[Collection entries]
■ ■ ■

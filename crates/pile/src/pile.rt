ghost use Rattle.std.specs.Prelude.{◌≡◌, ℕ, ◌+◌, ◌-◌, ◌*◌, ◌%◌, ◌<◌, ◌≤◌, [], ◌∷◌, ◌++◌, length, IfOk, MatchBool, MatchResult};
ghost use Rattle.std_alloc.specs.Vec.{vec_len, vec_capacity, vec_ptr};
ghost use Rattle.pile.specs.Records.{Record, counted_sum, free_of, record_at, record_lt, slot_lt, record_of, AllWithin, IsTheOrderOf};
ghost use Rattle.std.specs.List.Sorted.{IsPermutation, IsSortedBy};
ghost use Rattle.std.specs.Ordering.{is_lt};

use crate::block::{Husk, Middle, close, open, put_slot, regain, widen};
use crate::full::Full;
use crate::no_memory::NoMemory;
use crate::slot::Slot;
use std::alloc::Global;
use std::cmp::Ordering;
use std::marker::Model;
use std::mem::replace;
use std_alloc::vec::Lodged;

// The bytes of a slot.
const SLOT: usize = 24;

/// Records in one block: each has key bytes, body bytes and a number, and counts its bytes plus 24.
///
/// A contract sees a pile as its list of records and the size of its block in bytes. The block is freed when
/// the pile is dropped.
pub struct Pile {
    // The keys and bodies, from the block's first byte on.
    bytes: Vec<u8, Lodged>,
    // At the block's end. The last slot is that of the first record.
    slots: Vec<Slot, Lodged>,
    middle: Middle,
    husk: Husk,
    words: usize,
}

impl Model for Pile {
    ghost use Rattle.pile.specs.Records.{Contents, contents_code};

    ghost Value = { Contents };

    ghost coded = { contents_code };

    ghost use Rattle.pile.specs.Layout.{contents, IsLaid};

    ghost view = { contents };

    ghost invariant = { IsLaid };
}

impl Drop for Pile {
    fn drop(self) {
        let Pile {
            bytes,
            slots,
            mut middle,
            husk,
            words: _,
        } = self;
        regain(&mut middle, bytes, slots);
        drop(close(middle, husk));
    }
}

impl Pile {
    /// An empty pile with a block of this many bytes: a multiple of 8 from 4,096 to 268,435,456.
    ///
    /// This is the one call that takes memory. `NoMemory` comes only where there is none.
    pub fn new(alloc: Global, bytes: usize) -> Result<Pile, NoMemory>
        requires { (bytes % 8 ≡ 0) × (4096 ≤ bytes) × (bytes ≤ 268435456) }
        ensures { IfOk result (λ p. (p.records ≡ []) × (p.size ≡ bytes)) }
    {
        let words = bytes / 8;
        let mut vec = Vec::with_capacity(alloc, words)?;
        let base = vec.as_mut_ptr();
        let (middle, husk) = open(vec, base);
        Ok(Pile {
            bytes: Vec::new(Lodged),
            slots: Vec::new(Lodged),
            middle,
            husk,
            words,
        })
    }

    /// How many records there are.
    pub fn len(&self) -> usize
        ensures { result ≡ length self.now.records }
    {
        self.slots.len()
    }

    /// How many bytes of the block are free: its size less what the records count.
    pub fn free(&self) -> usize
        ensures free { result ≡ free_of self.now }
        ensures exact { result + counted_sum self.now.records ≡ self.now.size }
    {
        self.words * 8 - self.bytes.len() - self.slots.len() * SLOT
    }

    /// Appends a record.
    ///
    /// `Full` comes exactly where the record counts more bytes than are free: the length of its key and of its
    /// body, and 24. The pile is unchanged then.
    pub fn push(&mut self, key: &[u8], body: &[u8], seq: u64) -> Result<(), Full>
        ensures { MatchResult result (λ _. (length key.now + length body.now + 24 ≤ free_of self.old) × (self.new.records ≡ self.old.records ++ record { key = key.now; body = body.now; seq = seq } ∷ []) × (self.new.size ≡ self.old.size)) (λ _. (free_of self.old < length key.now + length body.now + 24) × (self.new ≡ self.old)) }
    {
        let free = self.free();
        if !fits(free, key.len(), body.len()) {
            return Err(Full);
        }
        let used = self.bytes.len();
        let count = self.slots.len() + 1;
        let slot = Slot {
            at: used as u64,
            key: key.len() as u32,
            body: body.len() as u32,
            seq,
        };
        let bytes = replace(&mut self.bytes, Vec::new(Lodged));
        self.bytes = with_room(&mut self.middle, bytes, used + key.len() + body.len());
        append(&mut self.bytes, key);
        append(&mut self.bytes, body);
        let slots = replace(&mut self.slots, Vec::new(Lodged));
        let at = self.words - 3 * count;
        self.slots = put_slot(&mut self.middle, slots, slot, at, count);
        Ok(())
    }

    /// The key of the record at `i`.
    pub fn key(&self, i: usize) -> &[u8]
        requires { i < length self.now.records }
        ensures { result.now ≡ (record_at self.now.records i).key }
    {
        let slot = self.slots[self.slots.len() - 1 - i];
        let at = slot.at as usize;
        &self.bytes[at..at + slot.key as usize]
    }

    /// The body of the record at `i`.
    pub fn body(&self, i: usize) -> &[u8]
        requires { i < length self.now.records }
        ensures { result.now ≡ (record_at self.now.records i).body }
    {
        let slot = self.slots[self.slots.len() - 1 - i];
        let at = slot.at as usize + slot.key as usize;
        &self.bytes[at..at + slot.body as usize]
    }

    /// The number of the record at `i`.
    pub fn seq(&self, i: usize) -> u64
        requires { i < length self.now.records }
        ensures { result ≡ (record_at self.now.records i).seq }
    {
        self.slots[self.slots.len() - 1 - i].seq
    }

    /// Puts the records in order of their key bytes, and those of equal keys in order of their numbers.
    ///
    /// Where all numbers differ, there is one such order. No byte of a record moves.
    pub fn order(&mut self)
        ensures permutation { IsPermutation self.old.records self.new.records }
        ensures sorted { IsSortedBy record_lt self.new.records }
        ensures only { IsTheOrderOf self.old.records self.new.records }
        ensures size { self.new.size ≡ self.old.size }
    {
        let bytes = self.bytes.as_slice();
        let slots = self.slots.as_mut_slice();
        sort(bytes, slots);
    }

    /// Takes all records out. The block stays.
    pub fn clear(&mut self)
        ensures { (self.new.records ≡ []) × (self.new.size ≡ self.old.size) }
    {
        let bytes = replace(&mut self.bytes, Vec::new(Lodged));
        let slots = replace(&mut self.slots, Vec::new(Lodged));
        regain(&mut self.middle, bytes, slots);
    }
}

// Whether a record with a key and a body of these lengths counts at most `free`.
fn fits(free: usize, key: usize, body: usize) -> bool
    ensures { MatchBool result (key + body + 24 ≤ free) (free < key + body + 24) }
{
    free >= SLOT && free - SLOT >= key && free - SLOT - key >= body
}

// The bytes, with room for `need` in all.
fn with_room(middle: &mut Middle, bytes: Vec<u8, Lodged>, need: usize) -> Vec<u8, Lodged>
    requires bytes { (bytes.cap ≡ middle.old.low * 8) × (0 < bytes.cap → bytes.ptr ≡ middle.old.base) }
    requires need { (bytes.len ≤ need) × (middle.old.low * 8 < bytes.len + 8) × (need + 24 * middle.old.high ≤ middle.old.words * 8) × (middle.old.words ≤ 33554432) }
    ensures middle { (middle.new.base ≡ middle.old.base) × (middle.new.words ≡ middle.old.words) × (middle.new.high ≡ middle.old.high) }
    ensures low { (result.cap ≡ middle.new.low * 8) × (need ≤ result.cap) × (middle.new.low * 8 < need + 8) × (0 < result.cap → result.ptr ≡ middle.new.base) }
    ensures bytes { (result.items ≡ bytes.items) × (result.len ≡ bytes.len) }
{
    if need <= bytes.capacity() {
        return bytes;
    }
    let low = (need + 7) / 8;
    widen(middle, bytes, low, low * 8)
}

// Appends bytes that there is room for.
fn append(bytes: &mut Vec<u8, Lodged>, more: &[u8])
    requires { bytes.old.len + length more.now ≤ bytes.old.cap }
    ensures items { bytes.new.items ≡ bytes.old.items ++ more.now }
    ensures in_place { (bytes.new.len ≡ bytes.old.len + length more.now) × (bytes.new.cap ≡ bytes.old.cap) × (bytes.new.ptr ≡ bytes.old.ptr) }
{
    let mut i = 0;
    while i < more.len() {
        bytes.push_reserved(more[i]);
        i += 1;
    }
}

// The key that a slot names, as far as the bytes reach.
fn key_of<'a>(bytes: &'a [u8], slot: &Slot) -> &'a [u8]
    ensures { result.now ≡ (record_of bytes.now slot.now).key }
{
    let from = (slot.at as usize).min(bytes.len());
    let rest = &bytes[from..];
    &rest[..(slot.key as usize).min(rest.len())]
}

// The order of two slots' records: by key bytes, then by number.
#[tactic(auto, unfolding(crate::specs::Records::record_lt))]
fn compare(bytes: &[u8], a: &Slot, b: &Slot) -> Ordering
    ensures { is_lt result ≡ slot_lt bytes.now a.now b.now }
{
    key_of(bytes, a)
        .cmp(key_of(bytes, b))
        .then(a.seq.cmp(&b.seq))
}

// Puts the slots in falling order, since the last slot is the first record.
fn sort(bytes: &[u8], slots: &mut [Slot])
    ensures permutation { IsPermutation slots.old slots.new }
    ensures len { length slots.new ≡ length slots.old }
    ensures sorted { IsSortedBy (λ a b. slot_lt bytes.now b a) slots.new }
{
    slots.sort_unstable_by(|a, b| compare(bytes, b, a));
}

■ ■ ■

ABOUT THIS EXERCISE:
Among the lines of the data above, count those holding "that" and state only the number.

ANSWER FOR THE TASK:
4